This RFC treats code-point length validation as part of PHP’s built-in validation baseline rather than as a specialized text-processing feature.
This RFC proposes adding a new validation filter, FILTER_VALIDATE_STRLEN.
The filter validates the length of a string measured in Unicode code points derived from UTF-8 input.
Example:
<?php filter_var("hello😀", FILTER_VALIDATE_STRLEN, [ "options" => [ "min_len" => 6, "max_len" => 6, ], ]);
In this example, validation succeeds because the input length is exactly 6 Unicode code points, so the original string is returned.
FILTER_VALIDATE_STRLEN accepts min_len and max_len as length bounds. At least one of these options must be specified. If both are specified, min_len must be less than or equal to max_len.
On success, the filter returns the original string. On failure, it returns false, or null if FILTER_NULL_ON_FAILURE is used.
This filter performs length validation only. It does not validate whether the input is well-formed UTF-8.
None. This RFC adds a new validation filter and does not change the behavior of existing filters.
Next PHP 8.x (PHP 8.6).
Validation baseline consistency.
Length validation is a common rule, but it is currently expressed through fragmented extension-specific or userland approaches. Placing it in the filter API provides a shared validation baseline for this class of check.
UTF-8 keeps the feature narrowly scoped and semantically clear.
A code-point-based validator needs a defined encoding context. Multi-encoding support would raise additional questions about API shape and behavior, which are outside the scope of this RFC.

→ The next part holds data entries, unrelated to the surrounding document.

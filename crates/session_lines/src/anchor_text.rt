//! The text of a place that lasts, as it is read.
ghost use Rattle.std.specs.Prelude.{◌≡◌, ◌<◌, ◌≤◌, IfSome};
ghost use Rattle.fixed_numbers.specs.declared.limits.TheConstants.{MAX_COUNTER};
ghost use Rattle.session_lines.specs.Anchors.{beside_named, counted, counter_named, id_named};
ghost use Rattle.session_lines.specs.Anchors.{lasting_named, replica_named};

use fixed_numbers::limits::MAX_COUNTER;
use op_ids::{OpId, ReplicaId};
use op_model::{Anchor, Lasting};
use uuid::Uuid;

/// How many bytes stand after a counter: an `@`, and a hyphenated UUID.
const NAME: usize = 37;

/// The place of this text, if it is one's.
pub(crate) fn lasting(text: &str) -> Option<Lasting>
    ensures { result ≡ lasting_named text.now }
{
    match text {
        "start" => Some(Lasting::StartOfText),
        "end" => Some(Lasting::EndOfText),
        _ => beside(text.as_bytes()),
    }
}

/// The place just after a character, or just before it.
fn beside(bytes: &[u8]) -> Option<Lasting>
    ensures { result ≡ beside_named bytes.now }
{
    let (side, text) = bytes.split_first()?;
    let id = id(text)?;
    match side {
        b'a' => Some(Lasting::Beside(Anchor::After(id))),
        b'b' => Some(Lasting::Beside(Anchor::Before(id))),
        _ => None,
    }
}

/// The id that a counter, an `@` and a hyphenated UUID name.
fn id(bytes: &[u8]) -> Option<OpId>
    ensures { result ≡ id_named bytes.now }
{
    if bytes.len() < NAME {
        return None;
    }
    let at = bytes.len() - NAME;
    if bytes[at] != b'@' {
        return None;
    }
    let counter = counter(&bytes[..at])?;
    let replica = replica(&bytes[at + 1..])?;
    OpId::try_new(counter, replica)
}

/// The counter that these digits are: without a zero in front, from 1 to 2^48 - 1.
fn counter(bytes: &[u8]) -> Option<u64>
    ensures value { result ≡ counter_named bytes.now }
    ensures range { IfSome result (λ n. (0 < n) × (n ≤ MAX_COUNTER)) }
{
    match bytes {
        [] | [b'0', ..] => None,
        _ => {
            let counter = digits(bytes)?;
            if counter == 0 || counter > MAX_COUNTER {
                return None;
            }
            Some(counter)
        }
    }
}

/// The number that these digits are, unless all but the last one are more than a counter.
fn digits(bytes: &[u8]) -> Option<u64>
    ensures { result ≡ counted 0 bytes.now }
{
    let mut number = 0;
    for byte in bytes {
        if *byte < b'0' || *byte > b'9' || number > MAX_COUNTER {
            return None;
        }
        number = 10 * number + (*byte - b'0') as u64;
    }
    Some(number)
}

/// The replica that a UUID names, unless it is nil.
fn replica(bytes: &[u8]) -> Option<ReplicaId>
    ensures { result ≡ replica_named bytes.now }
{
    match Uuid::try_parse_ascii(bytes) {
        Ok(id) => ReplicaId::from_uuid(id),
        Err(_) => None,
    }
}
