//! The spans, character by character.
ghost use Rattle.std.specs.Prelude.{◌≡◌, IfOk, OnOk};
ghost use Rattle.slow_programs.specs.Joining.{joins_first_of};
ghost use Rattle.op_model.specs.Spans.{with_front, spans as spans_of};

use crate::formatting::{markings, marks_of};
use crate::order::walk;
use crate::reading::is_removed;
use op_model::{Marks, Op, Span, Text};
use std::alloc::{AllocError, Global};

/// The greatest runs of visible characters of a document with equal marks. An error is out of
/// memory (1).
pub fn spans(alloc: Global, ops: &[Op], doc: u32) -> Result<Vec<Span>, AllocError>
    ensures { IfOk result (λ found. found.items ≡ spans_of ops.now doc) }
{
    let walked = walk(alloc, ops, doc)?;
    let markings = markings(alloc, ops, doc)?;
    let mut found = Vec::new(alloc);
    let mut k = walked.len();
    while k > 0 {
        k -= 1;
        let character = &walked[k];
        if !is_removed(ops, doc, character) {
            let marks = marks_of(alloc, &walked, &markings, k)?;
            push_front(alloc, character.value, marks, &mut found)?;
        }
    }
    Ok(found)
}

fn push_front(
    alloc: Global,
    value: char,
    marks: Marks,
    spans: &mut Vec<Span>,
) -> Result<(), AllocError>
    ensures { OnOk result (spans.new.items ≡ with_front value marks spans.old.items) }
{
    if joins_first(&marks, spans) {
        let first = &mut spans[0];
        first.text.insert(0, value)?;
        return Ok(());
    }
    let text = Text::from(vec![in alloc; value]?);
    spans.insert(0, Span { text, marks })?;
    Ok(())
}

/// Whether there is a first span, and it has these marks.
fn joins_first(marks: &Marks, spans: &[Span]) -> bool
    ensures { result ≡ joins_first_of marks.now spans.now }
{
    match spans {
        [] => false,
        [first, ..] => marks.are_same(&first.marks),
    }
}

Predictable validation semantics.
Code-point length provides a stable and deterministic measure suitable for validation. Grapheme-cluster-based validation raises additional boundary and API design questions, so this RFC keeps the scope limited to code-point length.
min_len and max_len make the option semantics specific to string length.
min_range and max_range are associated with numeric validation in filter. Using length-specific names keeps the constraint explicit and avoids reusing numeric range terminology for a different validation model.
Allowing max_len = 0 keeps the boundary rules complete and consistent.
A zero upper bound has a clear meaning: only the empty string can satisfy it. Disallowing it would add a special case without improving the model.
Ambiguous failure semantics.
The filter API returns a single validation result, which cannot distinguish between length failure and encoding failure. Keeping this filter limited to length validation avoids combining two different validation concerns into one result.
Separate design question.
This RFC does not address UTF-8 validity. Whether encoding validation should be introduced, and how it should be exposed, remains a separate design question.